[RECORDED DATA — start]

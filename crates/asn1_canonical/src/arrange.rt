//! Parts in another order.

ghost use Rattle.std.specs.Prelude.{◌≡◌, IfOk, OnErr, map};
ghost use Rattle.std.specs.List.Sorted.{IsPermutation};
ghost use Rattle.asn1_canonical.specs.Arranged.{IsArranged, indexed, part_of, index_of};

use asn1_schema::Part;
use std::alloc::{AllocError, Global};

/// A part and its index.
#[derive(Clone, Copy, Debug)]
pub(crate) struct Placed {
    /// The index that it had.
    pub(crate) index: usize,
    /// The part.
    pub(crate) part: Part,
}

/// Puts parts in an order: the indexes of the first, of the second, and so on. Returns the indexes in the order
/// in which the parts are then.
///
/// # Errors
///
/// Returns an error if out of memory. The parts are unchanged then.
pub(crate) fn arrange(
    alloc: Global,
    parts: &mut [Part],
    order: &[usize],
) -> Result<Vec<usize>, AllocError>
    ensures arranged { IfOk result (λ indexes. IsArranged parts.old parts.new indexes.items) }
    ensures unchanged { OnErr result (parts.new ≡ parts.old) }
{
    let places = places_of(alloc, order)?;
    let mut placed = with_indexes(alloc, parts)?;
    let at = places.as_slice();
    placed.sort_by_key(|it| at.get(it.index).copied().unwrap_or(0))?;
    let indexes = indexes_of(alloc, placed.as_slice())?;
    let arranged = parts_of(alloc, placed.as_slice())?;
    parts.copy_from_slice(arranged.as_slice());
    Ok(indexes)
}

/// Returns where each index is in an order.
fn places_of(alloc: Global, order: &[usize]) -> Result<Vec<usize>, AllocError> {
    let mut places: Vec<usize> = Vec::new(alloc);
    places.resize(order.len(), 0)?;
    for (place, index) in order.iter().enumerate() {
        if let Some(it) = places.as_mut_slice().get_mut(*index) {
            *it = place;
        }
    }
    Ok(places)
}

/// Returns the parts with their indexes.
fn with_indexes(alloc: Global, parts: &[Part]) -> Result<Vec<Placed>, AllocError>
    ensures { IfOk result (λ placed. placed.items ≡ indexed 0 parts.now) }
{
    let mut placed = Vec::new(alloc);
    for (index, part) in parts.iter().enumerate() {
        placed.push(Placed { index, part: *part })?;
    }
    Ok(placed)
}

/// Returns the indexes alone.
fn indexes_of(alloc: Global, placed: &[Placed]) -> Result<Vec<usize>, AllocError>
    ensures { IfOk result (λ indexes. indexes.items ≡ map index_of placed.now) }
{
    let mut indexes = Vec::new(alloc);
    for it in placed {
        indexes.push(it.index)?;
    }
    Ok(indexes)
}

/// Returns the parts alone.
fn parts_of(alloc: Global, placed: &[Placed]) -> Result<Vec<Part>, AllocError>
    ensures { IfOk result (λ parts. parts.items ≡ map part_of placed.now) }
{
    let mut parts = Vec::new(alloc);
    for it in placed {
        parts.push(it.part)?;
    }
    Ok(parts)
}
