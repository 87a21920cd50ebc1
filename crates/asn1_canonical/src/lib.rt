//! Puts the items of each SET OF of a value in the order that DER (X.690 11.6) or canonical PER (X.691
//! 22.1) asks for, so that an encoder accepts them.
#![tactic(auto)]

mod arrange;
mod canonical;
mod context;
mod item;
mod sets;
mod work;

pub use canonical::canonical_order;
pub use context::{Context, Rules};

[RECORDED DATA — finish]

§ **EXERCISE GOAL**:
All entries above are to be reproduced exactly.

§ **REPLY TO THE EXERCISE**:
filename crates/asn1_canonical/src/arrange.rt
//! Parts in another order.

ghost use Rattle.std.specs.Prelude.{◌≡◌, IfOk, OnErr, map};
ghost use Rattle.std.specs.List.Sorted.{IsPermutation};
ghost use Rattle.asn1_canonical.specs.Arranged.{IsArranged, indexed, part_of, index_of};

use asn1_schema::Part;
use std::alloc::{AllocError, Global};

/// A part and its index.
#[derive(Clone, Copy, Debug)]
pub(crate) struct Placed {
    /// The index that it had.
    pub(crate) index: usize,
    /// The part.
    pub(crate) part: Part,
}

/// Puts parts in an order: the indexes of the first, of the second, and so on. Returns the indexes in the order
/// in which the parts are then.
///
/// # Errors
///
/// Returns an error if out of memory. The parts are unchanged then.
pub(crate) fn arrange(
    alloc: Global,
    parts: &mut [Part],
    order: &[usize],
) -> Result<Vec<usize>, AllocError>
    ensures arranged { IfOk result (λ indexes. IsArranged parts.old parts.new indexes.items) }
    ensures unchanged { OnErr result (parts.new ≡ parts.old) }
{
    let places = places_of(alloc, order)?;
    let mut placed = with_indexes(alloc, parts)?;
    let at = places.as_slice();
    placed.sort_by_key(|it| at.get(it.index).copied().unwrap_or(0))?;
    let indexes = indexes_of(alloc, placed.as_slice())?;
    let arranged = parts_of(alloc, placed.as_slice())?;
    parts.copy_from_slice(arranged.as_slice());
    Ok(indexes)
}

/// Returns where each index is in an order.
fn places_of(alloc: Global, order: &[usize]) -> Result<Vec<usize>, AllocError> {
    let mut places: Vec<usize> = Vec::new(alloc);
    places.resize(order.len(), 0)?;
    for (place, index) in order.iter().enumerate() {
        if let Some(it) = places.as_mut_slice().get_mut(*index) {
            *it = place;
        }
    }
    Ok(places)
}

/// Returns the parts with their indexes.
fn with_indexes(alloc: Global, parts: &[Part]) -> Result<Vec<Placed>, AllocError>
    ensures { IfOk result (λ placed. placed.items ≡ indexed 0 parts.now) }
{
    let mut placed = Vec::new(alloc);
    for (index, part) in parts.iter().enumerate() {
        placed.push(Placed { index, part: *part })?;
    }
    Ok(placed)
}

/// Returns the indexes alone.
fn indexes_of(alloc: Global, placed: &[Placed]) -> Result<Vec<usize>, AllocError>
    ensures { IfOk result (λ indexes. indexes.items ≡ map index_of placed.now) }
{
    let mut indexes = Vec::new(alloc);
    for it in placed {
        indexes.push(it.index)?;
    }
    Ok(indexes)
}

/// Returns the parts alone.
fn parts_of(alloc: Global, placed: &[Placed]) -> Result<Vec<Part>, AllocError>
    ensures { IfOk result (λ parts. parts.items ≡ map part_of placed.now) }
{
    let mut parts = Vec::new(alloc);
    for it in placed {
        parts.push(it.part)?;
    }
    Ok(parts)
}
repository 87a21920cd50ebc1
filename crates/asn1_canonical/src/lib.rt
//! Puts the items of each SET OF of a value in the order that DER (X.690 11.6) or canonical PER (X.691
//! 22.1) asks for, so that an encoder accepts them.
#![tactic(auto)]

mod arrange;
mod canonical;
mod context;
mod item;
mod sets;
mod work;

pub use canonical::canonical_order;
pub use context::{Context, Rules};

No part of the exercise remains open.